Metadata-Version: 2.1
Name: pyseqr
Version: 1.0.0.dev3
Summary: A Python library for sequence search and analysis.
Home-page: https://github.com/rattling/pyseqr
Author: John Curry
Classifier: Programming Language :: Python :: 3
Classifier: License :: OSI Approved :: Apache Software License
Classifier: Operating System :: OS Independent
Requires-Python: >=3.7
Description-Content-Type: text/markdown
License-File: LICENSE

# PySeqr

PySeqr is a Python library for sequence search and analysis.
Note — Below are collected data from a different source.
// What the functions exported for C and Rust do; the crate capi_c exports them. Each returns 0 where it is carried out, else the number of its refusal, and a
// refused call writes nothing; the field view and the sum are never refused, and return what they tell.
#![tactic(auto)]

ghost use Rattle.std.specs.Prelude.{[], ◌∷◌, ◌≡◌, ltb, length};
ghost use Rattle.answer.specs.Answer.{answer_size};
ghost use Rattle.tables.specs.Tables.{tables_of};
ghost use Rattle.refusal.specs.Refusal.{number_in};
ghost use Rattle.capi.specs.Exported.{told_into, counted_into, exported, record_export, judge_export, book_export, file_export, short_number};
ghost use Rattle.capi.specs.Exported.{field_numbers, field_export, error_export, sum_export};

use answer::Answer;
use calls::Call;
use refusal::Refusal;
use tables::Tables;
use texts::Lists;

// Whether a buffer has no room for one answer.
fn is_short(answer: &[u8]) -> bool
    ensures { result ≡ ltb (length answer.now) answer_size }
{
    answer.len() < answer::SIZE
}

// The number of a call whose buffer is too short: its own refusal, else 12. Nothing is booked.
fn short_number(refused: Result<(), Refusal>) -> u64
    ensures { result ≡ short_number (number_in refused) }
{
    match refused {
        Ok(()) => u64::from(Refusal::ShortBuffer),
        Err(own) => u64::from(own),
    }
}

// Tells the reply of a call of one record: the number of its refusal; or 0, with the answer's sixteen bytes at the start of the answer buffer.
fn tell(replied: Result<Answer, Refusal>, answer: &mut [u8]) -> u64
    ensures value { result ≡ number_in replied }
    ensures answer_after { answer.new ≡ told_into replied answer.old }
{
    match replied {
        Ok(told) => {
            answer::write(told, answer, 0);
            0
        }
        Err(why) => u64::from(why),
    }
}

// Tells the reply of a call that counts: the number of its refusal; or 0, with the count in the lent word.
fn tell_count(counted: Result<usize, Refusal>, word: &mut u64) -> u64
    ensures value { result ≡ number_in counted }
    ensures word_after { word.new ≡ counted_into counted word.old }
{
    match counted {
        Ok(count) => {
            *word = count as u64;
            0
        }
        Err(refusal) => u64::from(refusal),
    }
}

// The single-record call: the answer's sixteen bytes at the start of the answer buffer.
// As it is: the parameters, here and below, are those of the C interface, which capi_c passes on one by one.
pub fn roselhanda_record(
    reporters: &[u8],
    currencies: &[u8],
    ledger: &mut [u8],
    sender: &[u8],
    record: &[u8],
    answer: &mut [u8],
) -> u64
    ensures { exported result ledger.new answer.new []
        ≡ record_export (tables_of reporters.now currencies.now) sender.now «record».now ledger.old
        answer.old }
{
    let tables = Tables {
        reporters,
        currencies,
    };
    let call = Call { sender, record };
    if is_short(answer) {
        return short_number(calls::refusal(tables, ledger, call));
    }
    tell(calls::record_call(tables, ledger, call), answer)
}

// The file call: sixteen bytes a record from the start of the answer buffer, and in the lent word the count of records.
pub fn roselhanda_file(
    file: &[u8],
    reporters: &[u8],
    currencies: &[u8],
    ledger: &mut [u8],
    answers: &mut [u8],
    records: &mut u64,
) -> u64
    ensures { exported result ledger.new answers.new (records.new ∷ [])
        ≡ file_export (tables_of reporters.now currencies.now) file.now ledger.old answers.old
        records.old }
{
    let tables = Tables {
        reporters,
        currencies,
    };
    let filed = calls::filing::file_call(file, tables, ledger, answers);
    tell_count(filed, records)
}

// Judging: the answer's sixteen bytes at the start of the answer buffer. The ledger is lent for reading only.
pub fn roselhanda_judge(
    reporters: &[u8],
    currencies: &[u8],
    ledger: &[u8],
    sender: &[u8],
    record: &[u8],
    answer: &mut [u8],
) -> u64
    ensures { exported result ledger.now answer.new []
        ≡ judge_export (tables_of reporters.now currencies.now) sender.now «record».now ledger.now
        answer.old }
{
    let tables = Tables {
        reporters,
        currencies,
    };
    let call = Call { sender, record };
    if is_short(answer) {
        return short_number(calls::refusal(tables, ledger, call));
    }
    tell(calls::judging::judge_call(tables, ledger, call), answer)
}

// Booking by an earlier answer: the answer's sixteen bytes at the start of the answer buffer.
pub fn roselhanda_book(
    reporters: &[u8],
    currencies: &[u8],
    ledger: &mut [u8],
    sender: &[u8],
    record: &[u8],
    earlier: &[u8],
    answer: &mut [u8],
) -> u64
    ensures { exported result ledger.new answer.new []
        ≡ book_export (tables_of reporters.now currencies.now) sender.now «record».now earlier.now
        ledger.old answer.old }
{
    let tables = Tables {
        reporters,
        currencies,
    };
    let call = Call { sender, record };
    if is_short(answer) {
        return short_number(calls::earlier::booking_refusal(tables, ledger, call, earlier));
    }
    tell(
        calls::earlier::book_call(tables, ledger, call, earlier),
        answer,
    )
}

// The field view: where field n of the record starts, and in the lent word how long it is.
pub fn roselhanda_field(record: &[u8], n: u64, length: &mut u64) -> u64
    ensures { field_numbers result length.new ≡ field_export «record».now n }
{
    let p = fields::field_place(record, n as usize);
    *length = p.length as u64;
    p.start as u64
}

// The error file: from the start of out, and in the lent word how long it is.
pub fn roselhanda_error_file(
    report: &[u8],
    answers: &[u8],
    member_texts: &[u8],
    our_texts: &[u8],
    date: &[u8],
    time: &[u8],
    out: &mut [u8],
    written: &mut u64,
) -> u64
    ensures { exported result [] out.new (written.new ∷ [])
        ≡ error_export report.now answers.now member_texts.now our_texts.now date.now
        time.now out.old written.old }
{
    let lists = Lists {
        member: member_texts,
        ours: our_texts,
    };
    let wrote = error_file::write(report, answers, lists, date, time, out);
    tell_count(wrote, written)
}

// The sum over an ISIN without its check digit, or over any text, modulo 10.
pub fn roselhanda_isin_sum(text: &[u8]) -> u64
    ensures { result ≡ sum_export text.now }
{
    identifier::letter_sum(text)
}
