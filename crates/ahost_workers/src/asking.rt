//! The part of a run that knows what is asked: it reads the files, and asks.

ghost use Rattle.std.specs.Prelude.{◌≡◌, ◌<◌, ◌≤◌, All, IfSome, None, length, map};
ghost use Rattle.tool_line.specs.Outside.{files_told, outside};
ghost use Rattle.ahost_workers.specs.Running.{IsRunWith};

use crate::resolving::resolve_with;
use crate::work::Work;
use ahost_tool::{leave, read_setting, report_for};
use completion_ticket::Done;
use net_world::{Files, Sink, World};
use run_end::Ended;
use std::alloc::Global;
use std::sync::Wait;
use std::thread::Threads;
use tool_line::{AhostAsk, Exit, FileFault};

/// Reads resolv.conf and the hosts file, asks with what they and the words set, and puts the page or the book of the run. The
/// network comes back.
pub(crate) fn ask_with<
    B: Done + Drop + Send,
    R: Threads + Wait + Sync,
    W: World + Drop + Send,
    F: Files,
    K: Sink,
>(
    alloc: Global,
    rt: &R,
    asked: AhostAsk,
    bodies: Vec<B>,
    files: &mut F,
    world: W,
    sink: &mut K,
    turns: u64,
) -> (Ended, W)
    requires fresh { All (λ body. B.told body ≡ None) bodies.items }
    requires workers { (0 < asked.workers) × (asked.workers ≤ 16) }
    requires servers { IfSome asked.later (λ later. (1 ≤ length later) × (length later ≤ 8)) }
    ensures promise { IsRunWith asked (map B.plan bodies.items) turns result.0
        (files_told (F.files files.old) (F.faults files.old) (F.reads files.old))
        (files_told (F.files files.new) (F.faults files.new) (F.reads files.new))
        (outside (W.log world) (W.wait_faults world) (K.bytes sink.old) (K.faults sink.old) (K.puts sink.old))
        (outside (W.log result.1) (W.wait_faults result.1) (K.bytes sink.new) (K.faults sink.new) (K.puts sink.new)) }
    ensures files { F.files files.new ≡ F.files files.old }
    ensures origin { W.origin result.1 ≡ W.origin world }
{
    let AhostAsk {
        resolv,
        hosts,
        settings,
        specs,
        orders,
        workers,
        load: _,
        later,
        journal,
    } = asked;
    match read_setting(alloc, resolv.as_str(), hosts.as_str(), settings, files) {
        Ok((options, hosts, bytes)) => {
            let work = Work {
                specs,
                bodies,
                orders,
                later,
                report: report_for(journal, bytes),
                workers: u64::from(workers),
                turns,
            };
            resolve_with(alloc, rt, work, options, hosts, world, sink)
        }
        Err(FileFault::Failed) => (leave(alloc, sink, Exit::FileFault), world),
        Err(FileFault::TooLarge) => (leave(alloc, sink, Exit::FileFault), world),
        Err(FileFault::NoMemory) => (Ended::early(alloc, Exit::OutOfMemory.number()), world),
    }
}
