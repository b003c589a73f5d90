//! The part of a run that asks: a session of a channel that workers share, and the text that is put behind it.

ghost use Rattle.std.specs.Prelude.{◌≡◌, ◌<◌, ◌≤◌, All, IfOk, IfSome, None, length, map};
ghost use Rattle.tool_line.specs.Outside.{outside};
ghost use Rattle.ahost_tool.specs.Asked.{asked_of};
ghost use Rattle.ahost_workers.specs.Asked.{requests_of};
ghost use Rattle.ahost_workers.specs.Promise.{PromiseWith};
ghost use Rattle.ahost_workers.specs.Putting.{PutsReport};

use crate::ending::turns_end;
use crate::requests::with_callbacks;
use crate::work::Work;
use ahost_tool::{Outcome, Report, tell};
use chan_types::Spec;
use completion_ticket::{Callback, Done};
use hosts_file::Hosts;
use item_list::NoMemory;
use net_world::{Sink, World};
use owner_session::ending_of;
use resolv_options::Options;
use run_end::Ended;
use shared_channel::Finished;
use shared_session::{Ran, Session, Task, run_shared};
use std::alloc::Global;
use std::sync::Wait;
use std::thread::Threads;
use tool_line::{Exit, SpecList};

/// Asks a channel with these options and hosts, whose callbacks are called by workers, and puts its report. The network comes
/// back. A channel that was made is ended in every case, so that each callback is called.
pub(crate) fn resolve_with<
    B: Done + Drop + Send,
    R: Threads + Wait + Sync,
    W: World + Drop + Send,
    K: Sink,
>(
    alloc: Global,
    rt: &R,
    work: Work<B>,
    options: Options,
    hosts: Hosts,
    world: W,
    sink: &mut K,
) -> (Ended, W)
    requires fresh { All (λ body. B.told body ≡ None) work.bodies.items }
    requires workers { (0 < work.workers) × (work.workers ≤ 16) }
    requires servers { IfSome work.later (λ later. (1 ≤ length later) × (length later ≤ 8)) }
    ensures promise { PromiseWith work.workers (asked_of work.report work.specs (map B.plan work.bodies.items) work.orders work.later)
        (record { options = options; hosts = hosts }) work.turns result.0
        (outside (W.log world) (W.wait_faults world) (K.bytes sink.old) (K.faults sink.old) (K.puts sink.old))
        (outside (W.log result.1) (W.wait_faults result.1) (K.bytes sink.new) (K.faults sink.new) (K.puts sink.new)) }
    ensures origin { W.origin result.1 ≡ W.origin world }
{
    let Work {
        specs,
        bodies,
        orders,
        later,
        report,
        workers,
        turns,
    } = work;
    let Ok((known, requests)) = what_is_asked(alloc, &options, specs, bodies) else {
        return (Ended::early(alloc, Exit::OutOfMemory.number()), world);
    };
    let task = Task {
        requests,
        orders,
        later,
        workers,
        turns,
    };
    let Ran { session, world } = run_shared(alloc, rt, (options, hosts), task, world);
    let Some(session) = session else {
        return (Ended::early(alloc, Exit::OutOfMemory.number()), world);
    };
    (put_report(alloc, known, session, report, sink), world)
}

/// The options once more, and each request with the callback of its body.
fn what_is_asked<B: Done + Drop>(
    alloc: Global,
    options: &Options,
    specs: SpecList,
    bodies: Vec<B>,
) -> Result<(Options, Vec<(Spec, Callback<B>)>), NoMemory>
    requires fresh { All (λ body. B.told body ≡ None) bodies.items }
    ensures { IfOk result (λ asked. (asked.0 ≡ options.now)
        × (asked.1.items ≡ requests_of B.plan B.name specs bodies.items)) }
{
    let known = options.copy(alloc)?;
    let requests = with_callbacks(alloc, specs, bodies)?;
    Ok((known, requests))
}

/// Puts the text of a run whose session came to this, in a channel of these options.
fn put_report<K: Sink>(
    alloc: Global,
    options: Options,
    session: Session,
    report: Report,
    sink: &mut K,
) -> Ended
    ensures { PutsReport options report session.end session.finished.journal.entries.items session.finished.lost
        session.finished.calls result
        (record { bytes = K.bytes sink.old; faults = K.faults sink.old; puts = K.puts sink.old })
        (record { bytes = K.bytes sink.new; faults = K.faults sink.new; puts = K.puts sink.new }) }
{
    let Session { end, finished } = session;
    let Finished {
        accepted: _,
        journal,
        calls,
        lost,
    } = finished;
    let outcome = Outcome {
        options,
        journal: journal.into_journal(),
        calls,
    };
    let exit = ending_of(turns_end(end), lost, &outcome.calls);
    tell(alloc, report, outcome, exit, sink)
}
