//! How the turns of a run ended, by how its session did.

ghost use Rattle.ahost_workers.specs.Ends.{IsTurnsEnd};

use item_list::NoMemory;
use run_end::LoopEnd;
use shared_session::SessionEnd;

/// How the turns of a session ended that came to this end.
pub(crate) fn turns_end(end: SessionEnd) -> Result<LoopEnd, NoMemory>
    ensures { IsTurnsEnd end result }
{
    match end {
        SessionEnd::Completed => Ok(LoopEnd::Completed),
        SessionEnd::WaitFault => Ok(LoopEnd::WaitFault),
        SessionEnd::Stalled => Ok(LoopEnd::Stalled),
        SessionEnd::OutOfMemory => Err(NoMemory),
    }
}
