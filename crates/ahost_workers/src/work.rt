//! What a run with workers has to do.

use ahost_tool::Report;
use chan_types::Orders;
use completion_ticket::Done;
use net_addr::ServerList;
use tool_line::SpecList;

/// The requests of a run, each with the body of its callback; the orders of the callbacks; the servers that are set behind
/// the first turn, if there are such; what is put in the end; how many workers call callbacks; and how many turns may be
/// made.
#[derive(Drop)]
pub(crate) struct Work<B: Done + Drop> {
    pub specs: SpecList,
    pub bodies: Vec<B>,
    pub orders: Orders,
    pub later: Option<ServerList>,
    pub report: Report,
    pub workers: u64,
    pub turns: u64,
}
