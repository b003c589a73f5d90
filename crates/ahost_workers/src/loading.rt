//! A run of a load with workers: it asks for so many names over a network in memory of its own, and puts a summary.

ghost use Rattle.std.specs.Prelude.{◌≡◌, ◌<◌, ◌≤◌, All, None, map};
ghost use Rattle.ahost_tool.specs.Loading.{IsWithinLimits};
ghost use Rattle.ahost_workers.specs.Loading.{IsLoadRunWith};

use crate::resolving::resolve_with;
use crate::work::Work;
use ahost_tool::{Report, prepare};
use chan_types::Orders;
use completion_ticket::Done;
use hosts_file::Hosts;
use net_world::Sink;
use run_end::Ended;
use std::alloc::Global;
use std::sync::Wait;
use std::thread::Threads;
use tool_line::{Exit, Load};

/// Asks for the names of a load, with so many workers, and puts its summary: at most `turns` turns over a network that is made
/// for it.
pub(crate) fn load_with<B: Done + Drop + Send, R: Threads + Wait + Sync, K: Sink>(
    alloc: Global,
    rt: &R,
    load: Load,
    workers: u64,
    bodies: Vec<B>,
    sink: &mut K,
    turns: u64,
) -> Ended
    requires fresh { All (λ body. B.told body ≡ None) bodies.items }
    requires workers { (0 < workers) × (workers ≤ 16) }
    requires limits { IsWithinLimits load }
    ensures { IsLoadRunWith workers load (map B.plan bodies.items) turns result
        (record { bytes = K.bytes sink.old; faults = K.faults sink.old; puts = K.puts sink.old })
        (record { bytes = K.bytes sink.new; faults = K.faults sink.new; puts = K.puts sink.new }) }
{
    let Ok((options, specs, world)) = prepare(alloc, load) else {
        return Ended::early(alloc, Exit::OutOfMemory.number());
    };
    let work = Work {
        specs,
        bodies,
        orders: Orders {
            follow: false,
            first: false,
            quit: false,
        },
        later: None,
        report: Report::Summary(load),
        workers,
        turns,
    };
    let (ended, world) = resolve_with(alloc, rt, work, options, Hosts::empty(alloc), world, sink);
    // What the network has told is a log of its zone and its seed: this is said by `log`.
    let _ = world.log();
    ended
}
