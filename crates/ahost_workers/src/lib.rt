//! `ahost` with workers as a library: the callbacks of a run are called by several threads, while one makes its turns.
#![tactic(auto)]

mod asking;
mod ending;
mod loading;
mod requests;
mod resolving;
mod running;
mod work;

pub use run_end::Ended;
pub use running::{run_boxed_with_workers, run_with_workers};
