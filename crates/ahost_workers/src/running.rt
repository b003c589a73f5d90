//! The whole run of the program with workers.

ghost use Rattle.std.specs.Prelude.{◌≡◌, ◌<◌, ◌≤◌, ◌↔◌, All, IfSome, IsTrue, None, length, map};
ghost use Rattle.tool_line.specs.Outside.{files_told, outside};
ghost use Rattle.tool_line.specs.declared.ending.Exit.TheVariants.{Usage};
ghost use Rattle.ahost_tool.specs.Loading.{IsWithinLimits};
ghost use Rattle.ahost_tool.specs.Running.{EndsEarly};
ghost use Rattle.ahost_workers.specs.Loading.{IsLoadRunWith};
ghost use Rattle.ahost_workers.specs.Running.{AreRefusedWith, ForWorkers, IsRunWith, IsServedWith};

use crate::asking::ask_with;
use crate::loading::load_with;
use ahost_tool::{count_names, leave};
use completion_ticket::Done;
use net_world::{Files, Sink, World};
use run_end::Ended;
use std::alloc::Global;
use std::sync::Wait;
use std::thread::Threads;
use tool_line::{AhostAsk, Exit, WordFault, ahost_ask};

/// Reads the words, resolv.conf and the hosts file, and asks for the addresses of each name, as `ahost_tool::run` does, where
/// the words want workers: as many threads call the callbacks, each of which is the body at its name's place, while the
/// caller's thread makes at most `turns` turns over the network. Puts the page, or with `--journal` the book of the run. A
/// load is asked for over a network of its own, and no file is read: its summary is put. The network comes back.
pub fn run_with_workers<
    B: Done + Drop + Send,
    R: Threads + Wait + Sync,
    W: World + Drop + Send,
    F: Files,
    K: Sink,
>(
    alloc: Global,
    rt: &R,
    words: &[&str],
    bodies: Vec<B>,
    files: &mut F,
    world: W,
    sink: &mut K,
    turns: u64,
) -> (Ended, W)
    requires fresh { All (λ body. B.told body ≡ None) bodies.items }
    // Words that ask nothing, or nothing of workers, or more than there are bodies for, are refused: no file is read, and the
    // network isn't called.
    ensures refused { AreRefusedWith (map (λ word. word.now) words.now) (length bodies.items)
        → (files.new ≡ files.old) × (result.1 ≡ world) × EndsEarly Usage result.0
        (outside (W.log world) (W.wait_faults world) (K.bytes sink.old) (K.faults sink.old) (K.puts sink.old))
        (outside (W.log result.1) (W.wait_faults result.1) (K.bytes sink.new) (K.faults sink.new) (K.puts sink.new)) }

    // Words that ask for names: the run keeps its promise, with the setting that the files and the words give.
    ensures promise { ForWorkers (map (λ word. word.now) words.now) (length bodies.items)
        (λ asked. asked.load ≡ None → IsRunWith asked (map B.plan bodies.items) turns result.0
        (files_told (F.files files.old) (F.faults files.old) (F.reads files.old))
        (files_told (F.files files.new) (F.faults files.new) (F.reads files.new))
        (outside (W.log world) (W.wait_faults world) (K.bytes sink.old) (K.faults sink.old) (K.puts sink.old))
        (outside (W.log result.1) (W.wait_faults result.1) (K.bytes sink.new) (K.faults sink.new) (K.puts sink.new))) }

    // Words that ask for a load: the run keeps its promise over a network of its own, and files and network are left alone.
    ensures load { ForWorkers (map (λ word. word.now) words.now) (length bodies.items)
        (λ asked. IfSome asked.load (λ load. (files.new ≡ files.old) × (result.1 ≡ world)
        × IsLoadRunWith asked.workers load (map B.plan bodies.items) turns result.0
        (record { bytes = K.bytes sink.old; faults = K.faults sink.old; puts = K.puts sink.old })
        (record { bytes = K.bytes sink.new; faults = K.faults sink.new; puts = K.puts sink.new }))) }

    // The files stay as they are, and so does what tells how the network was made.
    ensures files { F.files files.new ≡ F.files files.old }
    ensures origin { W.origin result.1 ≡ W.origin world }
{
    match ahost_ask(alloc, words) {
        Ok(asked) if is_served(&asked, bodies.len()) => {
            serve(alloc, rt, asked, bodies, files, world, sink, turns)
        }
        Ok(_) => (leave(alloc, sink, Exit::Usage), world),
        Err(WordFault::Refused) => (leave(alloc, sink, Exit::Usage), world),
        Err(WordFault::NoMemory) => (Ended::early(alloc, Exit::OutOfMemory.number()), world),
    }
}

/// The same with boxed bodies, as a program hands them in.
pub fn run_boxed_with_workers<R: Threads + Wait + Sync, W: World + Drop + Send, F: Files, K: Sink>(
    alloc: Global,
    rt: &R,
    words: &[&str],
    boxes: Vec<Box<dyn Done + Send + Drop>>,
    files: &mut F,
    world: W,
    sink: &mut K,
    turns: u64,
) -> (Ended, W)
    requires fresh { All (λ body. told body ≡ None) boxes.items }
    ensures refused { AreRefusedWith (map (λ word. word.now) words.now) (length boxes.items)
        → (files.new ≡ files.old) × (result.1 ≡ world) × EndsEarly Usage result.0
        (outside (W.log world) (W.wait_faults world) (K.bytes sink.old) (K.faults sink.old) (K.puts sink.old))
        (outside (W.log result.1) (W.wait_faults result.1) (K.bytes sink.new) (K.faults sink.new) (K.puts sink.new)) }
    ensures promise { ForWorkers (map (λ word. word.now) words.now) (length boxes.items)
        (λ asked. asked.load ≡ None → IsRunWith asked (map (λ body. plan body) boxes.items) turns result.0
        (files_told (F.files files.old) (F.faults files.old) (F.reads files.old))
        (files_told (F.files files.new) (F.faults files.new) (F.reads files.new))
        (outside (W.log world) (W.wait_faults world) (K.bytes sink.old) (K.faults sink.old) (K.puts sink.old))
        (outside (W.log result.1) (W.wait_faults result.1) (K.bytes sink.new) (K.faults sink.new) (K.puts sink.new))) }
    ensures load { ForWorkers (map (λ word. word.now) words.now) (length boxes.items)
        (λ asked. IfSome asked.load (λ load. (files.new ≡ files.old) × (result.1 ≡ world)
        × IsLoadRunWith asked.workers load (map (λ body. plan body) boxes.items) turns result.0
        (record { bytes = K.bytes sink.old; faults = K.faults sink.old; puts = K.puts sink.old })
        (record { bytes = K.bytes sink.new; faults = K.faults sink.new; puts = K.puts sink.new }))) }
    ensures files { F.files files.new ≡ F.files files.old }
    ensures origin { W.origin result.1 ≡ W.origin world }
{
    run_with_workers(alloc, rt, words, boxes, files, world, sink, turns)
}

/// Asks for the load, or else for the names.
fn serve<
    B: Done + Drop + Send,
    R: Threads + Wait + Sync,
    W: World + Drop + Send,
    F: Files,
    K: Sink,
>(
    alloc: Global,
    rt: &R,
    asked: AhostAsk,
    bodies: Vec<B>,
    files: &mut F,
    world: W,
    sink: &mut K,
    turns: u64,
) -> (Ended, W)
    requires fresh { All (λ body. B.told body ≡ None) bodies.items }
    requires workers { (0 < asked.workers) × (asked.workers ≤ 16) }
    requires limits { IfSome asked.load IsWithinLimits }
    requires servers { IfSome asked.later (λ later. (1 ≤ length later) × (length later ≤ 8)) }
    ensures promise { asked.load ≡ None → IsRunWith asked (map B.plan bodies.items) turns result.0
        (files_told (F.files files.old) (F.faults files.old) (F.reads files.old))
        (files_told (F.files files.new) (F.faults files.new) (F.reads files.new))
        (outside (W.log world) (W.wait_faults world) (K.bytes sink.old) (K.faults sink.old) (K.puts sink.old))
        (outside (W.log result.1) (W.wait_faults result.1) (K.bytes sink.new) (K.faults sink.new) (K.puts sink.new)) }
    ensures load { IfSome asked.load (λ load. (files.new ≡ files.old) × (result.1 ≡ world)
        × IsLoadRunWith asked.workers load (map B.plan bodies.items) turns result.0
        (record { bytes = K.bytes sink.old; faults = K.faults sink.old; puts = K.puts sink.old })
        (record { bytes = K.bytes sink.new; faults = K.faults sink.new; puts = K.puts sink.new })) }
    ensures files { F.files files.new ≡ F.files files.old }
    ensures origin { W.origin result.1 ≡ W.origin world }
{
    match asked.load {
        Some(wanted) => {
            let workers = u64::from(asked.workers);
            (
                load_with(alloc, rt, wanted, workers, bodies, sink, turns),
                world,
            )
        }
        None => ask_with(alloc, rt, asked, bodies, files, world, sink, turns),
    }
}

/// Whether this is asked of workers, for names, each of which has a body.
fn is_served(asked: &AhostAsk, bodies: usize) -> bool
    ensures { IsTrue result ↔ IsServedWith bodies asked.now }
{
    asked.workers != 0 && count_names(asked) <= bodies
}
It provides a simple and efficient way to find all occurrences of a sublist in a target list.

PySeqr supports unordered, ordered, and non-overlapping occurrences. It also allows you to specify the gap between occurrences and elements. PySeqr can handle custom objects and floating-point numbers with a specified precision.

Note that all sequence elements must be hashable for matching. Custom objects will match on their string representation. If you wish to match on a unhashable built-in Python data type (e.g. list, dictionary, set), you can set the `ensure_hashable` flag to `True`.

## Requirements

- Python 3.7+ (tested on 3.7, 3.8, 3.9, 3.10, 3.11)

## Performance

The `find_in_list` function operates with a time complexity of **O(m + n + k * m * log n)**, where:
- `m` is the length of the `sublist`.
- `n` is the length of the `target` list.
- `k` is the number of occurrences found.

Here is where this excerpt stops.